Problem details: Below are some entries; write out each one of them exactly.

Excerpted records:
......

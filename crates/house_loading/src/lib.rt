// Loading a house table of opcode numbers (document 02, 3): what its bytes say, and refusals 34 and 35.
#![tactic(auto)]

ghost use Rattle.std.specs.Prelude.{◌<◌, ◌≡◌, IfOk, length};
ghost use Rattle.house_table.specs.House.{opcode_count};
ghost use Rattle.lua51_lifter.specs.Check.{first_refusal};
ghost use Rattle.house_loading.specs.Loading.{table_line, number_said, form_verdict, number_verdict, load_verdict};
ghost use Rattle.house_loading.specs.TableVerdict.{table_verdict_of, in_byte, table_bytes};

use house_table::OPCODES;
use lines::numeral::{LINE_LENGTH, number_at};

// What is wrong with the bytes of a table, with the position of its line.
#[derive(Clone, Copy, PartialEq, Eq, Debug)]
pub enum TableFault {
    // 34: they have another form, or another length.
    Form(usize),
    // 35: a number is above 37, or stands in an earlier line.
    Number(usize),
}

// How many bytes a table has.
const TABLE_LENGTH: usize = LINE_LENGTH * OPCODES;

// The highest number of an opcode. A constant cannot call `try_from`.
const HIGHEST_OPCODE: u8 = OPCODES as u8 - 1;

// ------------------------------------------------------------ 34: the form of the lines

// The verdict on the form of line i.
fn line_verdict(s: &[u8], i: usize) -> Result<(), TableFault>
    requires { i < opcode_count }
    ensures { table_verdict_of result ≡ form_verdict s.now i }
{
    if number_at(s, LINE_LENGTH * i).is_none() {
        return Err(TableFault::Form(i));
    }
    Ok(())
}

// The verdict on the form of 38 lines: the first that says no number.
fn lines_verdict(s: &[u8]) -> Result<(), TableFault>
    ensures { table_verdict_of result ≡ first_refusal (form_verdict s.now) 0 opcode_count }
{
    (0..OPCODES).try_for_each(|i| line_verdict(s, i))
}

// ------------------------------------------------------------ 35: the numbers

// The number that line i says, in a byte; 0 where it says none. One above 37, which is refused, is 38 there, and no Option, since the
// numbers of a table are bytes. What is cast is 38 at most: `try_from` would have a case that cannot come.
fn number_byte(s: &[u8], i: usize) -> u8
    requires { i < opcode_count }
    ensures { result ≡ in_byte (number_said (table_line s.now i)) }
{
    number_at(s, LINE_LENGTH * i)
        .unwrap_or(0)
        .min(OPCODES as u32) as u8
}

// The numbers of a table, of all 38 lines; of a table that is not refused they are the numbers that its lines say.
pub fn table_numbers(s: &[u8]) -> [u8; OPCODES]
    ensures { result ≡ table_bytes s.now }
{
    let mut numbers = [0; OPCODES];
    for (i, number) in numbers.iter_mut().enumerate() {
        *number = number_byte(s, i);
    }
    numbers
}

// The verdict on number i of a table: whether it is above 37 or stands in an earlier line.
fn number_verdict(numbers: &[u8], i: usize) -> Result<(), TableFault>
    requires numbers_len { length numbers.now ≡ opcode_count }
    requires i_in_bounds { i < opcode_count }
    ensures { table_verdict_of result ≡ number_verdict numbers.now i }
{
    let number = numbers[i];
    if HIGHEST_OPCODE < number || numbers[..i].contains(&number) {
        return Err(TableFault::Number(i));
    }
    Ok(())
}

// The verdict on the numbers of a table: the first that is above 37 or stands in an earlier line.
fn numbers_verdict(numbers: &[u8]) -> Result<(), TableFault>
    requires { length numbers.now ≡ opcode_count }
    ensures { table_verdict_of result ≡ first_refusal (number_verdict numbers.now) 0 opcode_count }
{
    (0..OPCODES).try_for_each(|i| number_verdict(numbers, i))
}

// ------------------------------------------------------------ both

// The numbers of a table, or its first fault: of its length, then of the form of all lines, then of their numbers.
pub fn table_of(s: &[u8]) -> Result<[u8; OPCODES], TableFault>
    ensures verdict { table_verdict_of result ≡ load_verdict s.now }
    ensures numbers { IfOk result (λ numbers. numbers ≡ table_bytes s.now) }
{
    if s.len() != TABLE_LENGTH {
        return Err(TableFault::Form(0));
    }
    lines_verdict(s)?;
    let numbers = table_numbers(s);
    numbers_verdict(&numbers)?;
    Ok(numbers)
}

......

Exercise answer:
filename crates/house_loading/src/lib.rt
// Loading a house table of opcode numbers (document 02, 3): what its bytes say, and refusals 34 and 35.
#![tactic(auto)]

ghost use Rattle.std.specs.Prelude.{◌<◌, ◌≡◌, IfOk, length};
ghost use Rattle.house_table.specs.House.{opcode_count};
ghost use Rattle.lua51_lifter.specs.Check.{first_refusal};
ghost use Rattle.house_loading.specs.Loading.{table_line, number_said, form_verdict, number_verdict, load_verdict};
ghost use Rattle.house_loading.specs.TableVerdict.{table_verdict_of, in_byte, table_bytes};

use house_table::OPCODES;
use lines::numeral::{LINE_LENGTH, number_at};

// What is wrong with the bytes of a table, with the position of its line.
#[derive(Clone, Copy, PartialEq, Eq, Debug)]
pub enum TableFault {
    // 34: they have another form, or another length.
    Form(usize),
    // 35: a number is above 37, or stands in an earlier line.
    Number(usize),
}

// How many bytes a table has.
const TABLE_LENGTH: usize = LINE_LENGTH * OPCODES;

// The highest number of an opcode. A constant cannot call `try_from`.
const HIGHEST_OPCODE: u8 = OPCODES as u8 - 1;

// ------------------------------------------------------------ 34: the form of the lines

// The verdict on the form of line i.
fn line_verdict(s: &[u8], i: usize) -> Result<(), TableFault>
    requires { i < opcode_count }
    ensures { table_verdict_of result ≡ form_verdict s.now i }
{
    if number_at(s, LINE_LENGTH * i).is_none() {
        return Err(TableFault::Form(i));
    }
    Ok(())
}

// The verdict on the form of 38 lines: the first that says no number.
fn lines_verdict(s: &[u8]) -> Result<(), TableFault>
    ensures { table_verdict_of result ≡ first_refusal (form_verdict s.now) 0 opcode_count }
{
    (0..OPCODES).try_for_each(|i| line_verdict(s, i))
}

// ------------------------------------------------------------ 35: the numbers

// The number that line i says, in a byte; 0 where it says none. One above 37, which is refused, is 38 there, and no Option, since the
// numbers of a table are bytes. What is cast is 38 at most: `try_from` would have a case that cannot come.
fn number_byte(s: &[u8], i: usize) -> u8
    requires { i < opcode_count }
    ensures { result ≡ in_byte (number_said (table_line s.now i)) }
{
    number_at(s, LINE_LENGTH * i)
        .unwrap_or(0)
        .min(OPCODES as u32) as u8
}

// The numbers of a table, of all 38 lines; of a table that is not refused they are the numbers that its lines say.
pub fn table_numbers(s: &[u8]) -> [u8; OPCODES]
    ensures { result ≡ table_bytes s.now }
{
    let mut numbers = [0; OPCODES];
    for (i, number) in numbers.iter_mut().enumerate() {
        *number = number_byte(s, i);
    }
    numbers
}

// The verdict on number i of a table: whether it is above 37 or stands in an earlier line.
fn number_verdict(numbers: &[u8], i: usize) -> Result<(), TableFault>
    requires numbers_len { length numbers.now ≡ opcode_count }
    requires i_in_bounds { i < opcode_count }
    ensures { table_verdict_of result ≡ number_verdict numbers.now i }
{
    let number = numbers[i];
    if HIGHEST_OPCODE < number || numbers[..i].contains(&number) {
        return Err(TableFault::Number(i));
    }
    Ok(())
}

// The verdict on the numbers of a table: the first that is above 37 or stands in an earlier line.
fn numbers_verdict(numbers: &[u8]) -> Result<(), TableFault>
    requires { length numbers.now ≡ opcode_count }
    ensures { table_verdict_of result ≡ first_refusal (number_verdict numbers.now) 0 opcode_count }
{
    (0..OPCODES).try_for_each(|i| number_verdict(numbers, i))
}

// ------------------------------------------------------------ both

// The numbers of a table, or its first fault: of its length, then of the form of all lines, then of their numbers.
pub fn table_of(s: &[u8]) -> Result<[u8; OPCODES], TableFault>
    ensures verdict { table_verdict_of result ≡ load_verdict s.now }
    ensures numbers { IfOk result (λ numbers. numbers ≡ table_bytes s.now) }
{
    if s.len() != TABLE_LENGTH {
        return Err(TableFault::Form(0));
    }
    lines_verdict(s)?;
    let numbers = table_numbers(s);
    numbers_verdict(&numbers)?;
    Ok(numbers)
}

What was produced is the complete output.